These “superspreading” events have become a trademark of the new coronavirus — at first impression quite a scary one. But most people who get the disease don’t pass it on to dozens of others, and many don’t pass it on to anyone at all. One new global study estimates that about 10% of those infected with Covid-19 cause 80% of the secondary transmissions; another study focused on Israel puts that share between 1% and 10%. This imbalance explains a lot about why Covid-19 has spread so unevenly and unpredictably around the world. It also, perhaps counterintuitively, appears to make the disease easier to control than it would be if superspreaders weren’t so important.

The crucial variable in standard epidemiological models is the basic reproduction number, or R0, which is the average number of people someone with the disease is likely to infect. Actual susceptible-infected-recovered models are a bit more complicated than this, but here’s what you get if you start at one infected person and multiply by 2.25 (most estimates of Covid-19’s R0 are between two and three) over the next 10 periods — which I have arbitrarily deemed to be weeks, not too far off from the time period over which new Covid-19 infections develop — with results rounded to the nearest integer.

For sexually transmitted diseases and those carried by the water supply or by “vectors” such as mosquitoes, it has long been understood that such models aren’t the most useful representation of how infections spread or can be controlled. Get that one really promiscuous person to stop being so promiscuous, or shut down the pump on that one contaminated well, and you can have a really big impact on the spread of AIDS or of cholera. For directly transmitted respiratory diseases such as influenza, though, this was seen as less of an issue or an option.

In a 2005 paper in the journal Nature that has been getting a lot of deserved attention lately, two epidemiologists and two mathematicians pointed out that while maybe it wasn’t an issue for the flu, there are other diseases that spread through casual personal contact where transmission does seem dominated by a minority of big events. “Using contact tracing data from eight directly transmitted diseases, we show that the distribution of individual infectiousness around R0 is often highly skewed,” they wrote. “Model predictions accounting for this variation differ sharply from average-based approaches, with disease extinction more likely and outbreaks rarer but more explosive.”

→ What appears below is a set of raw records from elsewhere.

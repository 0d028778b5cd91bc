//! Books of tenants:
//!
//! - the limits of their setups and networks, verdicts at the bounds of what was agreed, the checks that decide, and what comes
//!   back;
//! - closed periods, their audits, their statements, chains of statements and texts of receipts;
//! - copies and owned entries.

mod audits;
mod chained;
mod explained;
mod limits;
mod owned;
mod periods;
mod receipt_texts;
mod returns;
mod rooms;
mod setups;
mod stated;
mod verdicts;
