impl<H: Wait + std::time::Clock + Disk, C: Clock, J: Run> Operators<'_, H, C, J> {
    // Keeps the text of the answer to a question, and returns the status.
    fn answer(&mut self, wanted: &OperatorWanted<'_>, topic: Topic) -> u16
        ensures told { (body : List ℕ) → HasToldOperator J.openings (C.gives self.old.clock.now) self.old.office.now topic
            (operator_asking (operator_wanted_at wanted.now) body result) (told_at self.new.told self.new.desk) }
        ensures desk { self.new.desk ≡ self.old.desk }
        ensures office { self.new.office ≡ self.old.office }
        ensures clock { self.new.clock ≡ self.old.clock }
    {
        let service = Consulted {
            handle: self.handle,
            alloc: self.alloc,
            clock: self.clock,
            office: self.office,
        };
        let told = told_to_operator(&service, &mut self.desk, wanted, topic);
        self.keep(told)
    }

    // Keeps the text of an answer, or the line that says why there is none, and returns the status.
    fn keep(&mut self, told: Result<Vec<u8>, Unanswered>) -> u16
        ensures kept { IsKept (λ text. text.items) told result (told_at self.new.told self.new.desk) }
        ensures desk { self.new.desk ≡ self.old.desk }
        ensures office { self.new.office ≡ self.old.office }
        ensures clock { self.new.clock ≡ self.old.clock }
    {
        match told {
            Ok(text) => {
                self.told = LastAnswer::Text(text);
                200
            }
            Err(Unanswered::Question(fault)) => {
                self.told = LastAnswer::Line(fault.line());
                400
            }
            Err(Unanswered::Token) => 401,
            Err(Unanswered::Tenant | Unanswered::Statement) => 404,
            Err(Unanswered::Memory) => 503,
        }
    }

    // Does the command in a body for the tenant of a name, and returns the status.
    fn command(&mut self, wanted: &OperatorWanted<'_>, body: &[u8]) -> u16
        ensures done { IsCommanded (C.gives self.old.clock.now) self.old.office.now
            (tenant_named self.old.office.now.names.items wanted.now.tenant.now) self.old.desk
            (operator_asking (operator_wanted_at wanted.now) body.now result) (told_at self.new.told self.new.desk) self.new.desk }
        ensures office { self.new.office ≡ self.old.office }
        ensures clock { self.new.clock ≡ self.old.clock }
    {
        let Some(tenant) = self.office.tenant_named(wanted.tenant) else {
            return 404;
        };
        self.desk.told = RequestKind::Admin;
        match self.ordered(tenant, wanted.token, body) {
            Ok(status) => {
                self.told = LastAnswer::ByDesk;
                status.code()
            }
            Err(fault) => {
                self.told = LastAnswer::Line(command_fault_line(fault));
                Status::Malformed.code()
            }
        }
    }

    // Does a command under the token of the tenant's operator, unless the service stops.
    fn ordered(&mut self, tenant: usize, token: &[u8], body: &[u8]) -> Result<Status, TextFault>
        requires { tenant < self.old.office.now.books.tenants }
        ensures ordered { (status : ℕ) → WasAskedCommand (C.gives self.old.clock.now) (bytes_eq (operator_token self.old.office.now tenant) token.now) self.old.office.now
            (record { kind = Admin; tenant = tenant; token = token.now; body = body.now; status = status }) self.old.desk (obeyed_status result) self.new.desk }
        ensures fault { IfErr result (λ fault. command_in (command_line body.now) ≡ Err fault) }
        ensures well { result ≢ Ok Status.Malformed }
        ensures told { self.new.desk.told ≡ self.old.desk.told }
        ensures office { self.new.office ≡ self.old.office }
        ensures clock { self.new.clock ≡ self.old.clock }
    {
        let office = self.office;
        if !office.is_operator(tenant, token) {
            return Ok(Status::Unauthorized);
        }
        if !office.door.command_begins() {
            return Ok(Status::Unavailable);
        }
        let system = self.system();
        let obeyed = self.desk.obey(&system, office, tenant, body);
        office.door.command_ends();
        self.filed = match self.desk.ticket {
            Some(ticket) => Some(Filed { tenant, ticket }),
            None => None,
        };
        obeyed
    }
}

The disease that was the main focus of the paper was the coronavirus-caused Severe Acute Respiratory Syndrome that had emerged in China two years before and spread rapidly into several other Asian countries and Canada before being contained. The authors devised a new variable, “k,” to reflect the distribution of individual infectiousness, with a low k meaning a more skewed spread. They assigned SARS a k of 0.16. Estimates of the k of the pandemic influenza of 1918 hover around 1, journalist and molecular biologist Kai Kupferschmidt reported last week in an excellent Science magazine account of the superspreading phenomenon. In response to the article, the lead author of the 2005 Nature study, Jamie Lloyd-Smith of the University of California at Los Angeles, tweeted that his provisional estimate of Covid-19’s k is 0.17. (Epidemiology Twitter is where it’s at, people.)

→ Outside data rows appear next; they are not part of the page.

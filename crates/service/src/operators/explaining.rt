//! Which check decides on a packet, in words.

ghost use Rattle.std.specs.Prelude.{◌≡◌, ◌++◌, ◌∷◌, [], ◌≤◌, IfOk, OnOk, codes, option_copied};
ghost use Rattle.std.specs.Fmt.{decimal, signed_decimal};
ghost use Rattle.service.specs.Explaining.{answer_line, asked_line, deciding_line, explained, figure, figures_of, money_figures};
ghost use Rattle.service.specs.Explaining.{next_line, onward_lines, next_peer, passed_before, passed_line, passed_upto};
ghost use Rattle.service.specs.Questions.{question_at};

use crate::operators::question::Question;
use std::alloc::{AllocError, Global};
use tenant_core::{Finding, PeerNo, Verdict};

// How many checks pass before the deciding one.
fn passed_before(finding: &Finding) -> usize
    ensures count { result ≡ passed_before finding.now }
    ensures few { result ≤ 16 }
{
    match finding {
        Finding::NoPeer => 0,
        Finding::JournalFull { .. } => 1,
        Finding::BucketEmpty { .. } => 2,
        Finding::Expired { .. } => 3,
        Finding::NoChild
        | Finding::ConfigAmount { .. }
        | Finding::ConfigCondition
        | Finding::Config => 4,
        Finding::ForNeighbors => 5,
        Finding::OwnAddress => 6,
        Finding::OverCap { .. } => 7,
        Finding::NoRoute | Finding::LeadsBack => 8,
        Finding::NoRate { .. } => 9,
        Finding::BelowFee { .. } => 10,
        Finding::OverNextCap { .. } => 11,
        Finding::ExpiresOnward { .. } => 12,
        Finding::OverCeiling { .. } => 13,
        Finding::OverCredit { .. } => 14,
        Finding::TooManyHeld { .. } => 15,
        Finding::GoesOn { .. } => 16,
    }
}

// The line of a check that passes, by its number from 0 on.
#[tactic(auto, unfolding(crate::specs::Explaining::passed_line))]
fn passed_line(check: usize) -> &'static [u8]
    ensures { result.now ≡ passed_line check }
{
    match check {
        0 => b"ok token: a peer shows it\n",
        1 => b"ok journal: it has room for the packet and its answer\n",
        2 => b"ok bucket: it admits the packet\n",
        3 => b"ok expiry: it is after the clock\n",
        4 => b"ok configuration: the packet does not ask for it\n",
        5 => b"ok destination: it is no neighbor's\n",
        6 => b"ok destination: it is not the tenant's own\n",
        7 => b"ok cap: the amount is within the sender's\n",
        8 => b"ok route: the best one leads to another peer\n",
        9 => b"ok rate: there is one from the sender to the next peer\n",
        10 => b"ok fee: the price is not below it\n",
        11 => b"ok cap: the outgoing amount is within the next peer's\n",
        12 => b"ok expiry: the outgoing one is after the clock\n",
        13 => b"ok ceiling: the sender stays within it\n",
        14 => b"ok credit: the next peer stays within it\n",
        _ => b"ok answers: fewer than 1024 packets await theirs\n",
    }
}

// The lines of so many checks that pass, from the first one on.
fn put_passed(text: &mut Vec<u8>, many: usize) -> Result<(), AllocError>
    ensures { OnOk result (text.new.items ≡ text.old.items ++ passed_upto many) }
{
    for check in 0..many {
        text.extend_from_slice(passed_line(check))?;
    }
    Ok(())
}

// The line of the deciding check, unless all pass.
fn deciding_line(finding: &Finding) -> &'static [u8]
    ensures { result.now ≡ deciding_line finding.now }
{
    match finding {
        Finding::NoPeer => b"no token: no peer has that name\n",
        Finding::JournalFull { .. } =>
            b"no journal: it has no room for the packet and its answer\n",
        Finding::BucketEmpty { .. } =>
            b"no bucket: it has less than the 1000 that a packet costs\n",
        Finding::Expired { .. } => b"no expiry: it is not after the clock\n",
        Finding::NoChild => b"no configuration: the sender is no child\n",
        Finding::ConfigAmount { .. } => b"no configuration: the amount is not 0\n",
        Finding::ConfigCondition =>
            b"no configuration: the condition is not that of 32 zero bytes\n",
        Finding::Config => b"ok configuration: the packet asks for it\n",
        Finding::ForNeighbors => b"no destination: it is a neighbor's\n",
        Finding::OwnAddress => b"no destination: it is the tenant's own\n",
        Finding::OverCap { .. } => b"no cap: the amount is over the sender's\n",
        Finding::NoRoute => b"no route: none leads there\n",
        Finding::LeadsBack => b"no route: the best one leads back to the sender\n",
        Finding::NoRate { .. } => b"no rate: there is none from the sender to the next peer\n",
        Finding::BelowFee { .. } => b"no fee: the price is below it\n",
        Finding::OverNextCap { .. } => b"no cap: the outgoing amount is over the next peer's\n",
        Finding::ExpiresOnward { .. } => b"no expiry: the outgoing one is not after the clock\n",
        Finding::OverCeiling { .. } => b"no ceiling: the sender would pass it\n",
        Finding::OverCredit { .. } => b"no credit: the next peer would pass it\n",
        Finding::TooManyHeld { .. } => b"no answers: 1024 packets await theirs\n",
        Finding::GoesOn { .. } => b"",
    }
}

// The line of a number that a check compared.
fn put_figure(
    alloc: Global,
    text: &mut Vec<u8>,
    words: &[u8],
    number: u64,
) -> Result<(), AllocError>
    ensures { OnOk result (text.new.items ≡ text.old.items ++ figure words.now (decimal number)) }
{
    let number = number.to_string(alloc)?;
    put_words(text, words, number.as_bytes())
}

#[tactic(auto, unfolding(crate::specs::Explaining::figure))]
fn put_words(text: &mut Vec<u8>, words: &[u8], said: &[u8]) -> Result<(), AllocError>
    ensures { OnOk result (text.new.items ≡ text.old.items ++ figure words.now said.now) }
{
    text.extend_from_slice(b"   ")?;
    text.extend_from_slice(words)?;
    text.push(b' ')?;
    text.extend_from_slice(said)?;
    text.push(b'\n')?;
    Ok(())
}

// A peer's balance, the amount that is held, and that of the packet.
#[tactic(auto, unfolding(crate::specs::Explaining::money_figures))]
fn put_money(
    alloc: Global,
    text: &mut Vec<u8>,
    balance: i64,
    held: u64,
    amount: u64,
) -> Result<(), AllocError>
    ensures { OnOk result (text.new.items ≡ text.old.items ++ money_figures balance held amount) }
{
    let balance = balance.to_string(alloc)?;
    put_words(text, b"balance", balance.as_bytes())?;
    put_figure(alloc, text, b"held", held)?;
    put_figure(alloc, text, b"amount", amount)
}

// Two numbers that a check compared.
fn put_two(
    alloc: Global,
    text: &mut Vec<u8>,
    first: (&[u8], u64),
    second: (&[u8], u64),
) -> Result<(), AllocError>
    ensures { OnOk result (text.new.items ≡ text.old.items
        ++ figure first.entry.0.now (decimal first.entry.1) ++ figure second.entry.0.now (decimal second.entry.1)) }
{
    put_figure(alloc, text, first.0, first.1)?;
    put_figure(alloc, text, second.0, second.1)
}

// A price, and the cap that it is over.
fn put_price(alloc: Global, text: &mut Vec<u8>, price: u128, cap: u64) -> Result<(), AllocError>
    ensures { OnOk result (text.new.items ≡ text.old.items
        ++ figure (codes "amount") (decimal price) ++ figure (codes "cap") (decimal cap)) }
{
    let price = price.to_string(alloc)?;
    put_words(text, b"amount", price.as_bytes())?;
    put_figure(alloc, text, b"cap", cap)
}

// The numbers that the deciding check compared.
fn put_figures(alloc: Global, text: &mut Vec<u8>, finding: &Finding) -> Result<(), AllocError>
    ensures { OnOk result (text.new.items ≡ text.old.items ++ figures_of finding.now) }
{
    match *finding {
        Finding::JournalFull {
            entries,
            awaited,
            places,
        } => {
            put_figure(alloc, text, b"entries", entries)?;
            put_two(alloc, text, (b"awaited", awaited), (b"places", places))
        }
        Finding::BucketEmpty { credit } => put_figure(alloc, text, b"thousandths", credit),
        Finding::Expired { expiry, clock } | Finding::ExpiresOnward { expiry, clock } => {
            put_two(alloc, text, (b"expiry", expiry), (b"clock", clock))
        }
        Finding::ConfigAmount { amount } => put_figure(alloc, text, b"amount", amount),
        Finding::OverCap { amount, cap } => {
            put_two(alloc, text, (b"amount", amount), (b"cap", cap))
        }
        Finding::BelowFee { price, fee } => {
            put_two(alloc, text, (b"price", price), (b"fee", fee))
        }
        Finding::OverNextCap { price, cap, .. } => put_price(alloc, text, price, cap),
        Finding::OverCeiling {
            balance,
            held,
            amount,
            ceiling,
        } => {
            put_money(alloc, text, balance, held, amount)?;
            put_figure(alloc, text, b"ceiling", ceiling)
        }
        Finding::OverCredit {
            balance,
            held,
            price,
            credit,
            ..
        } => {
            put_money(alloc, text, balance, held, price)?;
            put_figure(alloc, text, b"credit", credit)
        }
        Finding::TooManyHeld { awaited } => put_figure(alloc, text, b"awaited", awaited),
        _ => Ok(()),
    }
}

/// The next peer, where a finding names it.
pub fn next_peer(finding: &Finding) -> Option<PeerNo>
    ensures { result ≡ next_peer finding.now }
{
    match *finding {
        Finding::NoRate { to }
        | Finding::OverNextCap { to, .. }
        | Finding::OverCredit { to, .. }
        | Finding::GoesOn { to, .. } => Some(to),
        _ => None,
    }
}

// The line with the next peer's name, if there is one.
fn put_next(text: &mut Vec<u8>, next: Option<&[u8]>) -> Result<(), AllocError>
    ensures { OnOk result (text.new.items ≡ text.old.items ++ next_line (option_copied next.entry)) }
{
    match next {
        Some(name) => put_words(text, b"next peer", name),
        None => Ok(()),
    }
}

// The lines of a packet that goes on.
#[tactic(auto, unfolding(crate::specs::Explaining::onward_lines))]
fn put_onward(alloc: Global, text: &mut Vec<u8>, amount: u64, expiry: u64) -> Result<(), AllocError>
    ensures { OnOk result (text.new.items ≡ text.old.items ++ onward_lines amount expiry) }
{
    text.extend_from_slice(b"now: it goes on\n")?;
    put_figure(alloc, text, b"amount", amount)?;
    put_figure(alloc, text, b"expiry", expiry)
}

// The book's answer.
fn put_answer(alloc: Global, text: &mut Vec<u8>, verdict: Verdict) -> Result<(), AllocError>
    ensures { OnOk result (text.new.items ≡ text.old.items ++ answer_line verdict) }
{
    match verdict {
        Verdict::Unknown => text.extend_from_slice(b"now: 401\n"),
        Verdict::NoRoom => text.extend_from_slice(b"now: T03, which is not recorded\n"),
        Verdict::Refuse { code, .. } => {
            text.extend_from_slice(b"now: ")?;
            text.extend_from_slice(code.letters())?;
            text.push(b'\n')?;
            Ok(())
        }
        Verdict::Fulfil => text.extend_from_slice(b"now: fulfilled with the configuration\n"),
        Verdict::Forward { amount, expiry, .. } => put_onward(alloc, text, amount, expiry),
        Verdict::Relay => Ok(()),
    }
}

// The line of the question.
fn put_asked(alloc: Global, text: &mut Vec<u8>, question: &Question<'_>) -> Result<(), AllocError>
    ensures { OnOk result (text.new.items ≡ text.old.items ++ asked_line (question_at question.now)) }
{
    text.extend_from_slice(question.peer)?;
    text.extend_from_slice(b" sends ")?;
    let amount = question.amount.to_string(alloc)?;
    text.extend_from_slice(amount.as_bytes())?;
    text.extend_from_slice(b" to ")?;
    text.extend_from_slice(question.destination.bytes())?;
    text.push(b'\n')?;
    Ok(())
}

/// The explanation of a packet: the question, the checks in their order up to the deciding one, the numbers that it compared, and
/// the book's answer. Fails only if it is out of memory.
#[tactic(auto, unfolding(crate::specs::Explaining::explained))]
pub fn explained(
    alloc: Global,
    question: &Question<'_>,
    finding: &Finding,
    next: Option<&[u8]>,
) -> Result<Vec<u8>, AllocError>
    ensures { IfOk result (λ text. text.items ≡ explained (question_at question.now) finding.now (option_copied next.entry)) }
{
    let mut text = Vec::new(alloc);
    put_asked(alloc, &mut text, question)?;
    put_passed(&mut text, passed_before(finding))?;
    text.extend_from_slice(deciding_line(finding))?;
    put_figures(alloc, &mut text, finding)?;
    put_next(&mut text, next)?;
    put_answer(alloc, &mut text, finding.verdict())?;
    Ok(text)
}
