//! An operator's question about a packet.

ghost use Rattle.std.specs.Prelude.{◌≡◌, ◌^◌, Ok, option_map};
ghost use Rattle.common_types.specs.Outcomes.{Gives};
ghost use Rattle.service.specs.Questions.{key_asked, question_at, question_in, values_in};
ghost use Rattle.tenant_core.specs.Key.{key_of};

use common_types::{is_name, number_in};
use http_link::parted;
use ilp_addr::Address;
use tenant_core::{Expiry, PrepareKey};

/// The packet of a question: the name of its sender, its amount in the sender's units, and its destination.
#[derive(Drop)]
pub struct Question<'a> {
    pub peer: &'a [u8],
    pub amount: u64,
    pub destination: Address<'a>,
}

/// Why words are not a question.
#[derive(Clone, Copy, Debug, PartialEq, Eq)]
pub enum QuestionFault {
    /// They are not `peer=PEER&amount=N&destination=ADDR`.
    Form,
    /// The peer is not a name.
    Peer,
    /// The amount is not a number below 2^64.
    Amount,
    /// The destination is not an address.
    Destination,
}

impl QuestionFault {
    ghost use Rattle.std.specs.Prelude.{◌≡◌};
    ghost use Rattle.service.specs.Questions.{fault_line};

    /// The line that says so.
    pub fn line(self) -> &'static [u8]
        ensures { result.now ≡ fault_line self }
    {
        match self {
            QuestionFault::Form => b"a question is peer=PEER&amount=N&destination=ADDRESS\n",
            QuestionFault::Peer => b"peer: 1 to 32 small letters, digits and -\n",
            QuestionFault::Amount => b"amount: a whole number up to 18446744073709551615\n",
            QuestionFault::Destination => b"destination: an ILP address\n",
        }
    }
}

// The three values of a question.
fn values_in(words: &[u8]) -> Option<(&[u8], &[u8], &[u8])>
    ensures { option_map (λ v. (v.0.now, v.1.now, v.2.now)) result ≡ values_in words.now }
{
    let (peer, words) = parted(words, b'&')?;
    let (amount, destination) = parted(words, b'&')?;
    Some((
        peer.strip_prefix(b"peer=".as_slice())?,
        amount.strip_prefix(b"amount=".as_slice())?,
        destination.strip_prefix(b"destination=".as_slice())?,
    ))
}

/// The question in these words, or their first fault.
pub fn question_in(words: &[u8]) -> Result<Question<'_>, QuestionFault>
    ensures { Gives question_at result (question_in words.now) }
{
    let Some((peer, amount, destination)) = values_in(words) else {
        return Err(QuestionFault::Form);
    };
    if !is_name(peer) {
        return Err(QuestionFault::Peer);
    }
    let Ok(amount) = number_in::<0, { u64::MAX }>(amount) else {
        return Err(QuestionFault::Amount);
    };
    let Ok(destination) = Address::parse(destination) else {
        return Err(QuestionFault::Destination);
    };
    Ok(Question {
        peer,
        amount: amount.get(),
        destination,
    })
}

/// The greatest expiry, in milliseconds since 1970-01-01.
const LAST_EXPIRY: u64 = 253_402_128_000_000;

/// The SHA-256 of 32 zero bytes, which is also the condition of a request for the configuration.
const CONDITION: [u8; 32] = [
    0x66, 0x68, 0x7a, 0xad, 0xf8, 0x62, 0xbd, 0x77, 0x6c, 0x8f, 0xc1, 0x8b, 0x8e, 0x9f, 0x8e, 0x20,
    0x08, 0x97, 0x14, 0x85, 0x6e, 0xe2, 0x33, 0xb3, 0x90, 0x2a, 0x59, 0x1d, 0x0d, 0x5f, 0x29, 0x25,
];

impl Question<'_> {
    /// The packet of the question: it expires as late as a packet may, and 32 zero bytes fulfill its condition.
    #[tactic(auto, using(crate::proofs::Zeros::digest_of_zeros))]
    pub fn key(&self) -> PrepareKey<'_>
        ensures { key_of result ≡ key_asked (question_at self.now) }
    {
        PrepareKey {
            amount: self.amount,
            expiry: Expiry::new(LAST_EXPIRY).unwrap(),
            condition: &CONDITION,
            destination: &self.destination,
        }
    }
}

What can we do with these estimates of k? In 2005, Lloyd-Smith and his co-authors ran computer simulations of thousands of hypothetical epidemics, and found that diseases with a k nearing 0.1 were much more likely to fizzle out on their own or be stopped by modest control measures than those with a k of 0.5 or higher.

To better understand why that’s so, and in hopes of imparting some of that understanding to readers, I put together a much simpler model of a disease with a dispersion of infectiousness in which 9 out of 10 people have a reproduction number of 0.5 and 1 out of 10 a reproduction number of 18. This works out to 10% of cases causing 80% of secondary infections, as found in the study cited above, and an average R0 of 2.25, as in the chart above. To make easy work of this on a spreadsheet, I just assumed that in 10% of the weeks everybody with the disease gives it 18 others, and in the other 90% they give it to an average of 0.5 others, which is terrible epidemiological modeling but I think still gets at the basic dynamics at work.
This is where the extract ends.